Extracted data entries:
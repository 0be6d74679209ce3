//! A recording that is made in memory.
use image::SECTOR;
use std::alloc::{AllocError, Global};
use std::iter::repeat_n;

/// The flag of a flush.
const FLUSH: u64 = 1;

/// The flag of a mark.
const MARK: u64 = 8;

/// A recording that is made: the bytes of its entries, and how many there are.
#[derive(Drop)]
pub struct Log {
    heap: Global,
    entries: Vec<u8>,
    count: u64,
}

/// Fills up a sector with zeros.
fn fill_up(row: &mut Vec<u8>, used: usize) -> Result<(), AllocError> {
    row.extend(repeat_n(0, SECTOR.saturating_sub(used)))
}

impl Log {
    /// A recording of no entries.
    pub fn new(heap: Global) -> Log {
        Log {
            heap,
            entries: Vec::new(heap),
            count: 0,
        }
    }

    /// Adds an entry's sector.
    fn push(
        &mut self,
        sector: u64,
        sectors: u64,
        flags: u64,
        text: &[u8],
    ) -> Result<(), AllocError> {
        let row = &mut self.entries;
        // No `From` leads from `usize` to `u64`.
        for number in [sector, sectors, flags, text.len() as u64] {
            row.extend_from_slice(&number.to_le_bytes())?;
        }
        row.extend_from_slice(text)?;
        fill_up(row, text.len().saturating_add(32))?;
        self.count = self.count.saturating_add(1);
        Ok(())
    }

    /// Adds a write of one sector, which begins with these bytes.
    pub fn write(&mut self, sector: u64, content: &[u8]) -> Result<(), AllocError> {
        self.push(sector, 1, 0, b"")?;
        self.entries.extend_from_slice(content)?;
        fill_up(&mut self.entries, content.len())
    }

    /// Adds a flush.
    pub fn flush(&mut self) -> Result<(), AllocError> {
        self.push(0, 0, FLUSH, b"")
    }

    /// Adds a mark.
    pub fn mark(&mut self, text: &[u8]) -> Result<(), AllocError> {
        self.push(0, 0, MARK, text)
    }

    /// The recording.
    pub fn finish(self) -> Result<Vec<u8>, AllocError> {
        let mut bytes = Vec::new(self.heap);
        bytes.extend_from_slice(b"rhswfsj\0")?;
        bytes.extend_from_slice(&1u64.to_le_bytes())?;
        bytes.extend_from_slice(&self.count.to_le_bytes())?;
        bytes.extend_from_slice(&512u32.to_le_bytes())?;
        fill_up(&mut bytes, 28)?;
        bytes.extend_from_slice(self.entries.as_slice())?;
        Ok(bytes)
    }
}
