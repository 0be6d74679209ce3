//! A caller that explores a release, and tells each crash state.
ghost use Rattle.std.specs.Prelude.{◌≡◌, IfOk, option_map};
ghost use Rattle.run.specs.Events.{call_seen};
ghost use Rattle.incident.specs.Telling.{Chosen, follows};

use crate::story::{HEADER, OLDER, base_image};
use console::{Failed, Program};
use image::{Flat, SECTOR};
use judging::Judgement;
use plain::Plain;
use progress::Verdict;
use run::{Answer, Call, Refusal};
use work::{Caller, whole_run};

/// A caller that gives, shows and judges each state of a recording, and tells of it.
#[derive(Drop)]
struct Teller<'a> {
    rt: &'a HostRuntime,
    recording: &'a [u8],
    state: (usize, u64),
    counted: u8,
    older: Option<(usize, u64)>,
    failed: Option<Failed>,
}

impl<'a> Teller<'a> {
    /// Tells what is found of the standing state; the first unsafe one with the older header is kept.
    fn tell(&mut self, found: Judgement) -> Result<(), Failed> {
        let (point, rank) = self.state;
        let counted = self.counted;
        let word = match found {
            Judgement::Admitted => "safe",
            _ => "UNSAFE",
        };
        if found != Judgement::Admitted && counted == OLDER {
            self.older = self.older.or(Some(self.state));
        }
        println!(self.rt;
            "  point {point}, rank {rank}: the header counts {counted}; {word}, {found}"
        )?;
        Ok(())
    }

    /// Tells of the state with the older header.
    fn tell_older(&self) -> Result<(), Failed> {
        match self.older {
            Some((point, rank)) => println!(self.rt;
                "The older header, which counts {OLDER}, is left at point {point}, rank {rank}; that state is unsafe."
            )?,
            None => println!(self.rt; "No state with the older header is unsafe.")?,
        }
        Ok(())
    }

    /// The call that follows an answer; none where the story is over.
    fn call_after(&mut self, answer: Answer) -> Result<Option<Call<'a>>, Failed>
        ensures { IfOk result (λ next. option_map call_seen next ≡ follows answer) }
    {
        let next = match answer {
            Answer::Loaded => Call::Advance,
            Answer::Next(Some(state)) => {
                self.state = state;
                Call::Look {
                    sector: HEADER,
                    size: SECTOR,
                }
            }
            Answer::Shown(content) => {
                self.counted = content[0];
                Call::Judge
            }
            Answer::Found(found) => {
                self.tell(found)?;
                Call::Advance
            }
            Answer::Next(None) | Answer::Forgone | Answer::Reported(_) => return Ok(None),
        };
        Ok(Some(next))
    }
}

impl<'a> Caller<'a> for Teller<'a> {
    ghost says = { λ s last call t. Chosen s.recording.now last call };

    fn next(&mut self, last: Option<Result<Answer, Refusal>>) -> Option<Call<'a>> {
        let answer = match last {
            None => return Some(Call::Load(self.recording)),
            Some(Ok(answer)) => answer,
            // The story is over; the report then says that it is unfinished.
            Some(Err(_)) => return None,
        };
        match self.call_after(answer) {
            Ok(next) => next,
            Err(failed) => {
                self.failed = Some(failed);
                None
            }
        }
    }
}

/// Explores a recording over the story's image, and tells each crash state; the answer is the verdict.
pub fn tell(program: &Program, recording: &[u8]) -> Result<Verdict, Failed> {
    let rt = program.rt;
    let mut base = base_image(rt.alloc())?;
    let mut teller = Teller {
        rt,
        recording,
        state: (0, 0),
        counted: 0,
        older: None,
        failed: None,
    };
    let (_base, report) = whole_run(
        rt.alloc(),
        Flat::new(base.as_mut_slice()),
        Plain,
        &mut teller,
        u64::MAX,
    );
    teller.tell_older()?;
    match teller.failed {
        Some(failed) => Err(failed),
        None => Ok(report.verdict),
    }
}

What needs to be done: Reproduce the lines above. Leave each one as it is.

Answer for this exercise:
repository 0be6d74679209ce3
//! A recording that is made in memory.
use image::SECTOR;
use std::alloc::{AllocError, Global};
use std::iter::repeat_n;

/// The flag of a flush.
const FLUSH: u64 = 1;

/// The flag of a mark.
const MARK: u64 = 8;

/// A recording that is made: the bytes of its entries, and how many there are.
#[derive(Drop)]
pub struct Log {
    heap: Global,
    entries: Vec<u8>,
    count: u64,
}

/// Fills up a sector with zeros.
fn fill_up(row: &mut Vec<u8>, used: usize) -> Result<(), AllocError> {
    row.extend(repeat_n(0, SECTOR.saturating_sub(used)))
}

impl Log {
    /// A recording of no entries.
    pub fn new(heap: Global) -> Log {
        Log {
            heap,
            entries: Vec::new(heap),
            count: 0,
        }
    }

    /// Adds an entry's sector.
    fn push(
        &mut self,
        sector: u64,
        sectors: u64,
        flags: u64,
        text: &[u8],
    ) -> Result<(), AllocError> {
        let row = &mut self.entries;
        // No `From` leads from `usize` to `u64`.
        for number in [sector, sectors, flags, text.len() as u64] {
            row.extend_from_slice(&number.to_le_bytes())?;
        }
        row.extend_from_slice(text)?;
        fill_up(row, text.len().saturating_add(32))?;
        self.count = self.count.saturating_add(1);
        Ok(())
    }

    /// Adds a write of one sector, which begins with these bytes.
    pub fn write(&mut self, sector: u64, content: &[u8]) -> Result<(), AllocError> {
        self.push(sector, 1, 0, b"")?;
        self.entries.extend_from_slice(content)?;
        fill_up(&mut self.entries, content.len())
    }

    /// Adds a flush.
    pub fn flush(&mut self) -> Result<(), AllocError> {
        self.push(0, 0, FLUSH, b"")
    }

    /// Adds a mark.
    pub fn mark(&mut self, text: &[u8]) -> Result<(), AllocError> {
        self.push(0, 0, MARK, text)
    }

    /// The recording.
    pub fn finish(self) -> Result<Vec<u8>, AllocError> {
        let mut bytes = Vec::new(self.heap);
        bytes.extend_from_slice(b"rhswfsj\0")?;
        bytes.extend_from_slice(&1u64.to_le_bytes())?;
        bytes.extend_from_slice(&self.count.to_le_bytes())?;
        bytes.extend_from_slice(&512u32.to_le_bytes())?;
        fill_up(&mut bytes, 28)?;
        bytes.extend_from_slice(self.entries.as_slice())?;
        Ok(bytes)
    }
}
repository 0be6d74679209ce3
//! A caller that explores a release, and tells each crash state.
ghost use Rattle.std.specs.Prelude.{◌≡◌, IfOk, option_map};
ghost use Rattle.run.specs.Events.{call_seen};
ghost use Rattle.incident.specs.Telling.{Chosen, follows};

use crate::story::{HEADER, OLDER, base_image};
use console::{Failed, Program};
use image::{Flat, SECTOR};
use judging::Judgement;
use plain::Plain;
use progress::Verdict;
use run::{Answer, Call, Refusal};
use work::{Caller, whole_run};

/// A caller that gives, shows and judges each state of a recording, and tells of it.
#[derive(Drop)]
struct Teller<'a> {
    rt: &'a HostRuntime,
    recording: &'a [u8],
    state: (usize, u64),
    counted: u8,
    older: Option<(usize, u64)>,
    failed: Option<Failed>,
}

impl<'a> Teller<'a> {
    /// Tells what is found of the standing state; the first unsafe one with the older header is kept.
    fn tell(&mut self, found: Judgement) -> Result<(), Failed> {
        let (point, rank) = self.state;
        let counted = self.counted;
        let word = match found {
            Judgement::Admitted => "safe",
            _ => "UNSAFE",
        };
        if found != Judgement::Admitted && counted == OLDER {
            self.older = self.older.or(Some(self.state));
        }
        println!(self.rt;
            "  point {point}, rank {rank}: the header counts {counted}; {word}, {found}"
        )?;
        Ok(())
    }

    /// Tells of the state with the older header.
    fn tell_older(&self) -> Result<(), Failed> {
        match self.older {
            Some((point, rank)) => println!(self.rt;
                "The older header, which counts {OLDER}, is left at point {point}, rank {rank}; that state is unsafe."
            )?,
            None => println!(self.rt; "No state with the older header is unsafe.")?,
        }
        Ok(())
    }

    /// The call that follows an answer; none where the story is over.
    fn call_after(&mut self, answer: Answer) -> Result<Option<Call<'a>>, Failed>
        ensures { IfOk result (λ next. option_map call_seen next ≡ follows answer) }
    {
        let next = match answer {
            Answer::Loaded => Call::Advance,
            Answer::Next(Some(state)) => {
                self.state = state;
                Call::Look {
                    sector: HEADER,
                    size: SECTOR,
                }
            }
            Answer::Shown(content) => {
                self.counted = content[0];
                Call::Judge
            }
            Answer::Found(found) => {
                self.tell(found)?;
                Call::Advance
            }
            Answer::Next(None) | Answer::Forgone | Answer::Reported(_) => return Ok(None),
        };
        Ok(Some(next))
    }
}

impl<'a> Caller<'a> for Teller<'a> {
    ghost says = { λ s last call t. Chosen s.recording.now last call };

    fn next(&mut self, last: Option<Result<Answer, Refusal>>) -> Option<Call<'a>> {
        let answer = match last {
            None => return Some(Call::Load(self.recording)),
            Some(Ok(answer)) => answer,
            // The story is over; the report then says that it is unfinished.
            Some(Err(_)) => return None,
        };
        match self.call_after(answer) {
            Ok(next) => next,
            Err(failed) => {
                self.failed = Some(failed);
                None
            }
        }
    }
}

/// Explores a recording over the story's image, and tells each crash state; the answer is the verdict.
pub fn tell(program: &Program, recording: &[u8]) -> Result<Verdict, Failed> {
    let rt = program.rt;
    let mut base = base_image(rt.alloc())?;
    let mut teller = Teller {
        rt,
        recording,
        state: (0, 0),
        counted: 0,
        older: None,
        failed: None,
    };
    let (_base, report) = whole_run(
        rt.alloc(),
        Flat::new(base.as_mut_slice()),
        Plain,
        &mut teller,
        u64::MAX,
    );
    teller.tell_older()?;
    match teller.failed {
        Some(failed) => Err(failed),
        None => Ok(report.verdict),
    }
}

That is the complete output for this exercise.